The Thor Devkit thermal_zone node has an abnormality and the temperature cannot be read

The problem background: The device starts up and operates normally. After being left idle for more than 12 hours overnight, the fan continues to run at high speed.

1、Timeout occurred when reading the temperature node file.

cat: /sys/devices/virtual/thermal/thermal_zone0/temp: Timer expired

2、The “tegrastats” command was unable to return

3、The nvpmodel command has failed and cannot return normally.

$ nvpmodel -q

NV Power Mode: 120W

1

NVPM ERROR: Error reading /sys/kernel/nvpmodel_clk_cap/emc: 62

NVPM ERROR: failed to read PARAM EMC: ARG MAX_FREQ: PATH /sys/kernel/nvpmodel_clk_cap/emc

NVPM ERROR: Error reading /sys/devices/platform/bus@0/8181200000.host1x/818c000000.pva0/clk_cap/pva0_vps: 62

NVPM ERROR: failed to read PARAM PVA0_VPS: ARG MAX_FREQ: PATH /sys/devices/platform/bus@0/8181200000.host1x/818c000000.pva0/clk_cap/pva0_vps

4、Kernel exception log

1970-01-02T00:43:47.817060+08:00 tegra-ubuntu-devkit kernel: thermal thermal_zone0: failed to read out thermal zone (-62)
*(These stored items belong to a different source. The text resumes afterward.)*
//! Streams with what is read and written of them. They are run with each growth refused.

/// Texts, their verdicts, what is shown of them, their verdicts where they are written as binary, what is written of
/// them then, and the catalogue.
pub const TEXTS: &str = r#"
|0||0|%E0%01%00%EA||
null.int 5 -0 'a b'|4|null.int%0A5%0A0%0A'a b'%0A|4|%E0%01%00%EA%2F%21%05%20%EC%81%83%D9%86%71%03%87%B4%83%61%20%62%71%0A||
{name:[1,2]}|1|{name:[1,2]}%0A|1|%E0%01%00%EA%D6%84%B4%21%01%21%02||
"abcdefghijklmn"|1|"abcdefghijklmn"%0A|1|%E0%01%00%EA%8E%8E%61%62%63%64%65%66%67%68%69%6A%6B%6C%6D%6E||
2011-02-20T11:30:59.100-08:00|1|2011-02-20T11:30:59.100-08:00%0A|1|%E0%01%00%EA%6B%43%E0%0F%DB%82%94%93%9E%BB%C3%64||
-0.|1|-0.%0A|1|%E0%01%00%EA%52%80%80||
'''a''' /*x*/ '''b'''|1|"ab"%0A|1|%E0%01%00%EA%82%61%62||
340282366920938463463374607431768211455|1|340282366920938463463374607431768211455%0A|1|%E0%01%00%EA%2E%90%FF%FF%FF%FF%FF%FF%FF%FF%FF%FF%FF%FF%FF%FF%FF%FF||
340282366920938463463374607431768211456|Range 0||Range 0|%E0%01%00%EA||
1e0|Float 0||Float 0|%E0%01%00%EA||
[1,{a:|Truncated 6|[1,{|Truncated 6|%E0%01%00%EA||
{{aGVsbG8=}}|1|{{aGVsbG8=}}%0A|1|%E0%01%00%EA%A5%68%65%6C%6C%6F||
{{aGVsbG9=}}|BadLob 0||BadLob 0|%E0%01%00%EA||
{{}}|1|{{}}%0A|1|%E0%01%00%EA%A0||
"\xe9"|1|"%C3%A9"%0A|1|%E0%01%00%EA%82%C3%A9||
"\uD83D\uDE00"|1|"%F0%9F%98%80"%0A|1|%E0%01%00%EA%84%F0%9F%98%80||
"\uD83D"|BadText 0||BadText 0|%E0%01%00%EA||
"ab |Truncated 0||Truncated 0|%E0%01%00%EA||
{$99:1}|BadSymbol 1|{|BadSymbol 1|%E0%01%00%EA||
{$99:1_}|BadToken 5|{|BadToken 5|%E0%01%00%EA||
(--1 a.b -2 /*c*/ +)|1|('--' 1 a '.' b -2 '+')%0A|1|%E0%01%00%EA%EE%94%81%83%DE%90%86%71%03%87%BB%82%2D%2D%81%61%81%2E%81%62%81%2B%CE%8E%71%0A%21%01%71%0B%71%0C%71%0D%31%02%71%0E||
$ion_1_1 5|BadVersion 0||BadVersion 0|%E0%01%00%EA||
'$ion_1_0'|1|'$ion_1_0'%0A|1|%E0%01%00%EA%71%02||
%EF%BB%BF5|BadToken 0||BadToken 0|%E0%01%00%EA||
!%05|BadToken 0||BadToken 0|%E0%01%00%EA||
2007T 2007-01-02T|2|2007T%0A2007-01-02%0A|2|%E0%01%00%EA%63%C0%0F%D7%65%C0%0F%D7%81%82||
2007-13T|BadTimestamp 0||BadTimestamp 0|%E0%01%00%EA||
[1 2]|BadToken 3|[1|BadToken 3|%E0%01%00%EA||
[1,]|1|[1]%0A|1|%E0%01%00%EA%B2%21%01||
[,]|BadToken 1|[|BadToken 1|%E0%01%00%EA||
{a::1}|BadToken 2|{|BadToken 2|%E0%01%00%EA||
[1/*x*/,2]|1|[1,2]%0A|1|%E0%01%00%EA%B4%21%01%21%02||
[1/2]|BadToken 1|[|BadToken 1|%E0%01%00%EA||
a /*x*/ :: /*y*/ b|1|a::b%0A|1|%E0%01%00%EA%EC%81%83%D9%86%71%03%87%B4%81%61%81%62%E4%81%8A%71%0B||
null.nul|BadToken 0||BadToken 0|%E0%01%00%EA||
(1_ a)|BadToken 1|(|BadToken 1|%E0%01%00%EA||
a::|Truncated 3||Truncated 3|%E0%01%00%EA||
[1 "a|BadToken 3|[1|BadToken 3|%E0%01%00%EA||
{nan:1}|BadToken 1|{|BadToken 1|%E0%01%00%EA||
2000-02-30T|BadTimestamp 0||BadTimestamp 0|%E0%01%00%EA||
a /*|Truncated 2|a%0A|Truncated 2|%E0%01%00%EA%EA%81%83%D7%86%71%03%87%B2%81%61%71%0A||
'''a''' '''b|Truncated 0||Truncated 0|%E0%01%00%EA||
[[[[[[[[[[[[[[[[[[[[[[[[[[[[[[[[[[[[[[[[[[[[[[[[[[[[[[[[[[[[[[[[[|DepthLimit 64|[[[[[[[[[[[[[[[[[[[[[[[[[[[[[[[[[[[[[[[[[[[[[[[[[[[[[[[[[[[[[[[[|DepthLimit 64|%E0%01%00%EA||
a [b,|Truncated 5|a%0A[b|Truncated 5|%E0%01%00%EA%EA%81%83%D7%86%71%03%87%B2%81%61%71%0A||
15d-1|1|1.5%0A|1|%E0%01%00%EA%52%C1%0F||
5d-3|1|0.005%0A|1|%E0%01%00%EA%52%C3%05||
-0d0|1|-0.%0A|1|%E0%01%00%EA%52%80%80||
0d-2|1|0.00%0A|1|%E0%01%00%EA%51%C2||
15d1|1|15d1%0A|1|%E0%01%00%EA%52%81%0F||
1d-39|1|1d-39%0A|1|%E0%01%00%EA%52%E7%01||
(15. -0. a)|1|(15. -0. a)%0A|1|%E0%01%00%EA%EA%81%83%D7%86%71%03%87%B2%81%61%C8%52%80%0F%52%80%80%71%0A||
340282366920938463463374607431768211455d-38|1|3.40282366920938463463374607431768211455%0A|1|%E0%01%00%EA%5E%92%E6%00%FF%FF%FF%FF%FF%FF%FF%FF%FF%FF%FF%FF%FF%FF%FF%FF||
"#;

/// Texts under a limit, with the same fields.
pub const LIMITED: &str = r#"
"abcdefghijklmn"|1|"abcdefghijklmn"%0A|1|%E0%01%00%EA%8E%8E%61%62%63%64%65%66%67%68%69%6A%6B%6C%6D%6E||value=16|
"abcdefghijklmn"|1|"abcdefghijklmn"%0A|ValueLimit 0|%E0%01%00%EA||value=15|
"abcdefghijklmn"|1|"abcdefghijklmn"%0A|1|%E0%01%00%EA%8E%8E%61%62%63%64%65%66%67%68%69%6A%6B%6C%6D%6E||scalar=14|
"abcdefghijklmn"|ScalarLimit 0||ScalarLimit 0|%E0%01%00%EA||scalar=13|
[[["x"|Truncated 6|[[["x"|ValueLimit 0|%E0%01%00%EA||value=4|
[[["x"|Truncated 6|[[["x"|Truncated 6|%E0%01%00%EA||value=5|
a b|2|a%0Ab%0A|2|%E0%01%00%EA%EA%81%83%D7%86%71%03%87%B2%81%61%71%0A%E0%01%00%EA%EA%81%83%D7%86%71%03%87%B2%81%62%71%0A||symbols=17|
[[]]|DepthLimit 1|[|DepthLimit 1|%E0%01%00%EA||depth=1|
[[true,true,true,true,true,true,true,true,true,true,true,true,true]]|1|[[true,true,true,true,true,true,true,true,true,true,true,true,true]]%0A|1|%E0%01%00%EA%BE%8E%BD%11%11%11%11%11%11%11%11%11%11%11%11%11||value=16|
[[true,true,true,true,true,true,true,true,true,true,true,true,true]]|1|[[true,true,true,true,true,true,true,true,true,true,true,true,true]]%0A|ValueLimit 0|%E0%01%00%EA||value=15|
[a,b]|1|[a,b]%0A|SymbolLimit 3|%E0%01%00%EA||symbols=33|
[a,b]|1|[a,b]%0A|1|%E0%01%00%EA%EC%81%83%D9%86%71%03%87%B4%81%61%81%62%B4%71%0A%71%0B||symbols=34|
a b a|3|a%0Ab%0Aa%0A|3|%E0%01%00%EA%EA%81%83%D7%86%71%03%87%B2%81%61%71%0A%EA%81%83%D7%86%71%03%87%B2%81%62%71%0B%E0%01%00%EA%EA%81%83%D7%86%71%03%87%B2%81%61%71%0A||symbols=40|
"#;

/// Texts that import tables of a catalogue, with the same fields.
pub const IMPORTS: &str = r#"
$ion_symbol_table::{imports:[{name:"x",version:1,max_id:2}],symbols:["a"]} $12 $10|UnknownSymbol 79|a%0A|UnknownSymbol 79|%E0%01%00%EA%EA%81%83%D7%86%71%03%87%B2%81%61%71%0A||
$ion_symbol_table::{imports:[{name:"x",version:1,max_id:2}],symbols:["a"]} $12 $10|2|a%0Ap%0A|2|%E0%01%00%EA%EA%81%83%D7%86%71%03%87%B2%81%61%71%0A%EA%81%83%D7%86%71%03%87%B2%81%70%71%0B|$ion_shared_symbol_table::{name:"x",version:1,symbols:["p","q"]}|
$ion_symbol_table::{imports:[{name:"x",version:2,max_id:4}]} $10 $12 $13|UnknownSymbol 69|r%0At%0A|UnknownSymbol 69|%E0%01%00%EA%EA%81%83%D7%86%71%03%87%B2%81%72%71%0A%EA%81%83%D7%86%71%03%87%B2%81%74%71%0B|$ion_shared_symbol_table::{name:"x",version:1,symbols:["p","q"]} $ion_shared_symbol_table::{name:"x",version:3,symbols:["r","s","t"]}|
$ion_symbol_table::{imports:[{name:"x",version:2}]}|BadTable 29||BadTable 29|%E0%01%00%EA|$ion_shared_symbol_table::{name:"x",version:1,symbols:["p","q"]} $ion_shared_symbol_table::{name:"x",version:3,symbols:["r","s","t"]}|
$ion_symbol_table::{imports:[{name:"x",max_id:1}]}|SymbolLimit 29||SymbolLimit 29|%E0%01%00%EA|$ion_shared_symbol_table::{name:"x",version:1,symbols:["p","q"]} $ion_shared_symbol_table::{name:"x",version:3,symbols:["r","s","t"]}|symbols=31|
$ion_symbol_table::{imports:[{name:"x",max_id:1}]}|0||0|%E0%01%00%EA|$ion_shared_symbol_table::{name:"x",version:1,symbols:["p","q"]} $ion_shared_symbol_table::{name:"x",version:3,symbols:["r","s","t"]}|symbols=32|
"#;

/// Binary, with the same fields.
pub const OCTETS: &str = r#"
%E0%01%00%EA%69%80%0F%D0%81%81%80%80%80%80|1|2000-01-01T00:00:00Z%0A|SameForm 0|||
%E0%01%00%EA%69%80%0F%D0%81%81%80%80%80%C1|1|2000-01-01T00:00:00.0Z%0A|SameForm 0|||
%E0%01%00%EA%D5%80%01%FF%84%11|1|{name:true}%0A|SameForm 0|||
%E0%01%00%EA%D5%FE%01%FF%84%11|1|{name:true}%0A|SameForm 0|||
%E0%01%00%EA|0||SameForm 0|||
%E0%01%00%EA%EA%81%83%D7%87%B2%81%61%86%71%03%EA%81%83%D7%87%B2%81%62%86%71%03%71%0A%71%0B|2|a%0Ab%0A|SameForm 0|||
%E0%01%00%EA%40|Float 4||SameForm 0|||
%E0%01%00%EA%31%00|BadNumber 4||SameForm 0|||
%E0%01%00%EA%21%00|1|0%0A|SameForm 0|||
%E0%01%00%EA%21%05%82%61|Truncated 6|5%0A|SameForm 0|||
%E0%01%00%EA%E6%81%84%E3%81%84%11|BadAnnotation 7||SameForm 0|||
%E0%01%00%EA%0F%11%21%05%31%07%2F%10|6|null%0Atrue%0A5%0A-7%0Anull.int%0Afalse%0A|SameForm 0|||
%E0%01%01%EA|BadVersion 0||SameForm 0|||
%E0%01|Truncated 0||SameForm 0|||
%E0%01%00%EA%71%0A|BadSymbol 4||SameForm 0|||
%E0%01%00%EA%70|1|$0%0A|SameForm 0|||
%E0%01%00%EA%B1%21%05|Overrun 5|[|SameForm 0|||
%E0%01%00%EA%D1%80|BadDescriptor 4||SameForm 0|||
%E0%01%00%EA%E4%81%84%01%00|BadAnnotation 7||SameForm 0|||
%E0%01%00%EA%21|Truncated 4||SameForm 0|||
%E0%01%00%EA%2E%91%00%FF%FF%FF%FF%FF%FF%FF%FF%FF%FF%FF%FF%FF%FF%FF%FF|1|340282366920938463463374607431768211455%0A|SameForm 0|||
%E0%01%00%EA%2E%91%01%FF%FF%FF%FF%FF%FF%FF%FF%FF%FF%FF%FF%FF%FF%FF%FF|Range 4||SameForm 0|||
%E0%01%00%EA%2E%91%00%FF%FF%FF%FF%FF%FF%FF%FF%FF%FF%FF%FF%FF%FF%FF%FF|ScalarLimit 4||SameForm 0|||scalar=16|
%E0%01%00%EA%2E%91%01%FF%FF%FF%FF%FF%FF%FF%FF%FF%FF%FF%FF%FF%FF%FF%FF|ScalarLimit 4||SameForm 0|||scalar=16|
%E0%01%00%EA%52%C1%0F|1|1.5%0A|SameForm 0|||
%E0%01%00%EA%52%80%80|1|-0.%0A|SameForm 0|||
%E0%01%00%EA%E4%81%84%21%05|AnnotationLimit 6||SameForm 0|||scalar=15|
%E0%01%00%EA%E4%81%84%21%05|1|name::5%0A|SameForm 0|||scalar=16|
%E0%01%00%EA%67%80%0F%D0%81%81%98%80|BadTimestamp 4||SameForm 0|||
%E0%01%00%EA%65%C0%0F%D1%82%9D|BadTimestamp 4||SameForm 0|||
%E0%01%00%EA%68%0B%A0%0F%D0%81%81%80%80|BadTimestamp 4||SameForm 0|||
%E0%01%00%EA%69%80%0F%D0%81%81%80%80%80%E7|Range 4||SameForm 0|||
%E0%01%00%EA%B1%B0|DepthLimit 5|[|SameForm 0|||depth=1|
%E0%01%00%EA%EA%81%83%D7%87%B2%81%61%86%71%03%EA%81%83%D7%87%B2%81%62%86%71%03%71%0A%71%0B|SymbolLimit 24||SameForm 0|||symbols=33|
%E0%01%00%EA%EA%81%83%D7%86%71%03%87%B2%21%05%71%0A|1|$0%0A|SameForm 0|||
%E0%01%00%EA%E7%81%83%D4%87%B0%87%B0|BadTable 10||SameForm 0|||
%E0%01%00%EA%EA%81%83%D7%87%B2%81%61%86%71%03%E0%01%00%EA%71%0A|BadSymbol 19||SameForm 0|||
%E0%01%00%EA%BE%7F%7F%7F%7F%7F%7F%7F%7F%FF|Truncated 14|[|SameForm 0|||
%E0%01%00%EA%BE%7F%7F%7F%7F%7F%7F%7F%7F%7F|BadVar 4||SameForm 0|||
%E0%01%00%EA%8E%7F%7F%7F%7F%7F%7F%7F%7F%FF|ScalarLimit 4||SameForm 0|||
%E0%01%00%EA%0E%7F%7F%7F%7F%7F%7F%7F%7F%FF|Truncated 4||SameForm 0|||
%E0%01%00%EA%B2%B3%10|Overrun 5|[|SameForm 0|||
"#;

/// Catalogues, and what they hold when they are loaded, or why they are refused.
pub const CATALOGS: &str = r#"
|0|
$ion_shared_symbol_table::{name:"x",version:1,symbols:["p","q"]}|67|
$ion_shared_symbol_table::{symbols:["p","q"],version:1,name:"x"}|67|
$ion_shared_symbol_table::{name:"x",version:1,symbols:["p","q"]} $ion_shared_symbol_table::{name:"x",version:3,symbols:["r","s","t"]}|151|
5|CatalogEntry 0|
$ion_shared_symbol_table::{name:"x",version:1} $ion_shared_symbol_table::{name:"x"}|CatalogEntry 47|
"#;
1970-01-02T00:43:47.817090+08:00 tegra-ubuntu-devkit kernel: tegra-bpmp-i2c bpmp:i2c: failed to transfer message: -62

1970-01-02T00:43:47.817094+08:00 tegra-ubuntu-devkit kernel: tegra-bpmp-i2c bpmp:i2c: failed to transfer message: -62

1970-01-02T00:43:47.817105+08:00 tegra-ubuntu-devkit kernel: thermal thermal_zone2: failed to read out thermal zone (-62)

1970-01-02T00:43:47.817109+08:00 tegra-ubuntu-devkit kernel: thermal thermal_zone1: failed to read out thermal zone (-62)

1970-01-02T00:43:47.818967+08:00 tegra-ubuntu-devkit kernel: thermal thermal_zone3: failed to read out thermal zone (-62)

1970-01-02T00:43:47.818976+08:00 tegra-ubuntu-devkit kernel: nvvrs_pseq 5-003c: Failed to read interrupt register: 16, ret=-62

5、The Xorg process is abnormal, with 100% CPU usage and the display going black.

Is this test based on NV devkit?

Yes, the issue is in the thor devkit.

please help check if this issue is repeatable after you flash the board or it is randomly happneed.

This issue occurred only once and happened randomly.

Does it have to be with NV Power Mode: 120W or it could be reproduced with some other power mode?

This issue occurred only once, and it was in the 120W mode.